Posted: March 31, 2016

News site, Government Technology, recently wrote an article detailing fears that cyber-attacks could disrupt the U.S. election this November 2016. There have been discussions on both sides of the political spectrum as to whether cybersecurity issues will play a role in the actual election process of this year’s presidential election. The Huffington Post mentions six ways hackers could disrupt the election. These methods include “hacking voting machines, shutting down the voting system or election agencies, and deleting or changing election records.” Fox News reiterated the fact that ballot machines could be targeted. In a 2015 report from the Brennan Center for Justice, the organization says that “43 states will use electronic voting machines that are at least 10 years old and reaching the end of their expected lifespan” in this year’s election. The good news is that every state is taking steps to ensure the integrity behind the voting process, according to both the Verified Voter Foundation and CountingVotes.org

BitDefender Security Researchers Release Ransomware “Vaccine”

Source: https://www.grahamcluley.com/2016/03/vaccine-future-versions-locky-teslacrypt-ctb-locker-ransomware-released/?utm_source=hs_email&utm_medium=email&utm_content=27949546&_hsenc=p2ANqtz-8eHlKOq06F0rTt_9SXwt8LZHGKnTMO05prLBQjU0su8kmYX0QnnOToyz0aY4xIxMExKKFHRRDgriTF7B7mE5iREi3lOQ&_hsmi=27949546

Posted: March 31, 2016

Security researchers at BitDefender have released an update to their anti-ransomware utility that handled CryptoWall infections. Their anti-ransomware module has been placed in BitDefender 2016. Now the new ransomware utility handles all current and possibly future versions of Locky, TeslaCrypt, and CTB Locker ransomware programs. Users should not solely rely on BitDefender’s new utility to protect against ransomware. For best results, BitDefender 2016 should be a “complement to computer best practices.”
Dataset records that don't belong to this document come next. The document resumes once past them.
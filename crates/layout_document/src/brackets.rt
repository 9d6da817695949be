// What is noted at brackets and commas.
use crate::marks::{Gap, Group, LineGap, Marks, Shape, When, Whole};
use crate::units::Kind;
use std::alloc::{AllocError, Global};

/// A pair of brackets, by the numbers of its units.
#[derive(Clone, Copy)]
struct Pair {
    first: usize,
    last: usize,
}

/// Notes the groups that brackets are, by their shapes, and the lines in them: after the opening bracket, after each
/// comma, and before the closing bracket. Commas outside brackets are those of a group that all units of an expression
/// are; in a program a blank is after them.
pub fn mark_brackets(alloc: Global, text: &str, marks: &mut Marks) -> Result<(), AllocError> {
    let mut open: Vec<usize> = Vec::new(alloc);
    let mut is_list = false;
    for number in 0..marks.len() {
        match marks.kind(number) {
            kind if kind.opens() => open.push(number)?,
            Kind::Close => {
                let first = open.pop().unwrap_or(0);
                let last = number;
                mark_pair(marks, text, Pair { first, last });
            }
            Kind::Comma => {
                mark_comma(marks, number, open.last().copied());
                is_list |= open.is_empty();
            }
            _ => {}
        }
    }
    if is_list && marks.whole == Whole::Expr {
        let last = marks.len().saturating_sub(1);
        marks.add_group(0, last);
    }
    Ok(())
}

/// Notes the group of a pair of brackets.
fn mark_pair(marks: &mut Marks, text: &str, pair: Pair) {
    let Pair { first, last } = pair;
    let next = first.saturating_add(1);
    let shape = marks.shape_of(first);
    match marks.kind(first) {
        Kind::OpenBody => {}
        Kind::OpenHole => mark_hole(marks, pair, shape),
        _ if next == last => {}
        kind if shape.is_bare && !has_comment(marks, text, first) => {
            if kind == Kind::OpenBrace {
                marks.set(next, Gap::Blank);
                marks.set(last, Gap::Blank);
            }
        }
        kind => mark_items(marks, pair, shape, kind == Kind::OpenBrace),
    }
}

/// Notes the group of brackets that hold something.
fn mark_items(marks: &mut Marks, pair: Pair, shape: Shape, is_brace: bool) {
    let group = if shape.hugs {
        Group::Arguments
    } else {
        Group::Parts
    };
    marks.add_bracket(pair.first, pair.last, group);
    let when = if shape.is_broken {
        When::Always
    } else {
        When::Broken
    };
    let first = item_line(is_brace, when);
    marks.set(pair.first.saturating_add(1), first);
    let last = LineGap {
        is_blank: is_brace || shape.ends_blank,
        is_deeper: false,
        when: When::Broken,
        keeps_empty: false,
        is_tail: shape.hugs,
    };
    marks.set(pair.last, Gap::Line(last));
    let is_hole = marks.kind(pair.last.saturating_sub(1)) == Kind::Comma;
    if shape.has_comma && !is_hole {
        marks.set_comma(pair.last);
    }
}

/// A line before an item in brackets.
fn item_line(is_blank: bool, when: When) -> Gap {
    Gap::Line(LineGap {
        is_blank,
        is_deeper: true,
        when,
        keeps_empty: true,
        is_tail: false,
    })
}

/// Whether the unit of the number opens a body that holds something, whose lines are always there.
fn has_lines(marks: &Marks, number: usize) -> bool {
    marks.kind(number) == Kind::OpenBody && marks.kind(number.saturating_add(1)) != Kind::Close
}

/// Notes what is in `${` and `}` of a template.
fn mark_hole(marks: &mut Marks, pair: Pair, shape: Shape) {
    let Pair { first, last } = pair;
    let next = first.saturating_add(1);
    let breaks = (next..last.saturating_add(1)).any(|number| marks.is_at_line(number)
        || has_lines(marks, number));
    if !breaks {
        marks.add_bracket(first, last, Group::Flat);
        return;
    }
    marks.add_bracket(first, last, Group::Hole);
    if shape.has_lines {
        marks.set(next, Gap::line_when(false, true, When::Broken));
        marks.set(last, Gap::line(false, false));
    }
}

/// Notes what is after a comma in an opening bracket, or outside brackets.
fn mark_comma(marks: &mut Marks, number: usize, open: Option<usize>) {
    let next = number.saturating_add(1);
    let shape = match open {
        None if marks.whole == Whole::Expr => return marks.set(next, Gap::line(true, false)),
        Some(open) if marks.kind(open) != Kind::OpenBody => marks.shape_of(open),
        _ => return marks.set_blank(next),
    };
    if shape.is_bare {
        return marks.set(next, Gap::Blank);
    }
    let when = if shape.is_filled {
        When::Needed
    } else {
        When::Broken
    };
    marks.set(next, item_line(true, when));
}

/// Whether a comment is right after the unit of the number.
fn has_comment(marks: &Marks, text: &str, number: usize) -> bool {
    match (
        marks.units.get(number),
        marks.units.get(number.saturating_add(1)),
    ) {
        (Some(unit), Some(next)) => {
            let between = text.get(unit.hi..next.lo).unwrap_or("");
            !between.trim().is_empty()
        }
        _ => false,
    }
}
Should You Report Ransomware As A Breach of HIPAA

Source: http://www.hipaasecurenow.com/index.php/is-ransomware-considered-a-hipaa-breach/?utm_source=hs_email&utm_medium=email&utm_content=27896649&_hsenc=p2ANqtz-_jUlwZgaDyTXvBXONCY6qhNbobFJf9N2uVrnBfQdNG0UCSJnq4J6VMEKeOAV_Q8ggNi9sp2KZCPvXaxO-516jODytARg&_hsmi=27896649

Posted: March 30, 2016

Generally speaking ransomware merely encrypts the victim’s data rather than accesses it. Many healthcare institutions that were hit by ransomware don’t report a breach of personal healthcare information (PHI) data because the data was not accessed. The problem now is that hybrid ransomware is showing up. This hybrid ransomware stays dormant on machines, installs other malware on to the victim’s machines, and may give attackers access to protected personal healthcare information. The responsibility ultimately falls upon the victim to prove that ransomware did not access or exfiltrate PHI during their security incident. If the victim’s organization can not prove that no PHI information was accessed or stolen, then they must report a breach to HIPAA authorities. Healthcare organizations should have specific controls in place to monitor the access of files and the transportation of them outside of the organization’s network.